## [What you will do]
A line below contains "each byte first.", and a later one contains "if o >= 8 || end". Repeat both, with every line between them, exactly.

## [Supplied entries]

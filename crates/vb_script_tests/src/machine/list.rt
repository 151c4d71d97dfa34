//! Edits of a plain list of truth values.
use crate::machine::line::{index, number};
use crate::machine::stop::{OUT_OF_MEMORY, OUT_OF_RANGE, Stop};

/// How many bits a list has at most. There isn't memory for more.
const MOST: usize = 1 << 40;

/// Adds `n` bits `v`.
pub(crate) fn lengthen(bits: &mut Vec<bool>, v: bool, n: usize) -> Result<(), Stop> {
    match bits.len().checked_add(n) {
        None => Err(Stop::Refused("TooManyBits")),
        Some(len) if len > usize::MAX - 7 => Err(Stop::TooLong),
        Some(len) if len > MOST => Err(OUT_OF_MEMORY),
        Some(len) => Ok(bits.resize(len, v)?),
    }
}

/// The bits from `a` up to `b`.
pub(crate) fn part(bits: &[bool], a: usize, b: usize) -> Result<&[bool], Stop> {
    bits.get(a..b).ok_or(OUT_OF_RANGE)
}

/// Sets the bits from `a` up to `b` to `v`.
pub(crate) fn fill(bits: &mut [bool], a: usize, b: usize, v: bool) -> Result<(), Stop> {
    bits.get_mut(a..b).ok_or(OUT_OF_RANGE)?.fill(v);
    Ok(())
}

/// Keeps the bits from `a` up to `b`.
pub(crate) fn cut(bits: &mut Vec<bool>, a: usize, b: usize) -> Result<(), Stop> {
    if a > b || b > bits.len() {
        return Err(OUT_OF_RANGE);
    }
    bits.copy_within(a..b, 0);
    bits.truncate(b - a);
    Ok(())
}

/// Combines each bit with that of another list.
pub(crate) fn combine(bits: &mut [bool], name: &str, right: &[bool]) -> Result<(), Stop> {
    if bits.len() != right.len() {
        return Err(Stop::Refused("LengthMismatch"));
    }
    for (bit, right) in bits.iter_mut().zip(right) {
        *bit = match name {
            "and" => *bit && *right,
            "or" => *bit || *right,
            "xor" => *bit != *right,
            _ => *bit && !*right,
        };
    }
    Ok(())
}

/// Adds a window of bytes: `n` bits from bit `o` on, the lowest one of each byte first.
pub(crate) fn window(bits: &mut Vec<bool>, o: usize, n: usize, digits: &str) -> Result<(), Stop> {
    let end = o.saturating_add(n);
    if o >= 8 || end > digits.len().saturating_mul(4) {
        return Err(Stop::Refused("BadWindow"));
    }
    for i in o..end {
        // Two digits are a byte, the higher one first.
        let digit = digits.as_bytes().get((i / 4) ^ 1).copied().unwrap_or(b'0');
        let nibble = (digit as char).to_digit(16).unwrap_or(0);
        lengthen(bits, nibble >> (i % 4) & 1 == 1, 1)?;
    }
    Ok(())
}

/// Adds `n` bits that are true at these indices. An index that isn't below `n` is refused first,
/// even if memory runs out.
pub(crate) fn name_places(bits: &mut Vec<bool>, n: usize, places: &str) -> Result<(), Stop> {
    let lengthened = lengthen(bits, false, n);
    for item in places.split_terminator(',') {
        let place = number(item);
        if place >= n {
            return Err(OUT_OF_RANGE);
        }
        if let Some(bit) = bits.get_mut(place) {
            *bit = true;
        }
    }
    lengthened
}

/// Replaces the list by the bits of `from` at these indexes, and by false where `counts` is false.
pub(crate) fn take(
    bits: &mut Vec<bool>,
    from: &[bool],
    counts: Option<&[bool]>,
    indexes: &str,
) -> Result<(), Stop> {
    let count = indexes.split_terminator(',').count();
    match counts {
        Some(counts) if counts.len() != count => return Err(Stop::Refused("LengthMismatch")),
        _ => bits.clear(),
    }
    for (position, item) in indexes.split_terminator(',').enumerate() {
        let bit = taken(from, counts, position, index(item));
        lengthen(bits, bit.ok_or(Stop::Position(position))?, 1)?;
    }
    Ok(())
}

/// The bit at an index, or false if this position doesn't count.
fn taken(from: &[bool], counts: Option<&[bool]>, position: usize, place: usize) -> Option<bool> {
    match counts {
        Some(counts) if counts.get(position) == Some(&false) => Some(false),
        _ => from.get(place).copied(),
    }
}

/// How many bits are true.
pub(crate) fn count(bits: &[bool]) -> usize {
    let mut count = 0usize;
    for bit in bits {
        count = count.saturating_add(usize::from(*bit));
    }
    count
}

/// The index of the `n`-th bit that is `v`.
pub(crate) fn nth_place(bits: &[bool], v: bool, n: usize) -> Option<usize> {
    let mut left = n;
    for (place, bit) in bits.iter().enumerate() {
        if *bit == v {
            if left == 0 {
                return Some(place);
            }
            left -= 1;
        }
    }
    None
}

## [Response]
/// Adds a window of bytes: `n` bits from bit `o` on, the lowest one of each byte first.
pub(crate) fn window(bits: &mut Vec<bool>, o: usize, n: usize, digits: &str) -> Result<(), Stop> {
    let end = o.saturating_add(n);
    if o >= 8 || end > digits.len().saturating_mul(4) {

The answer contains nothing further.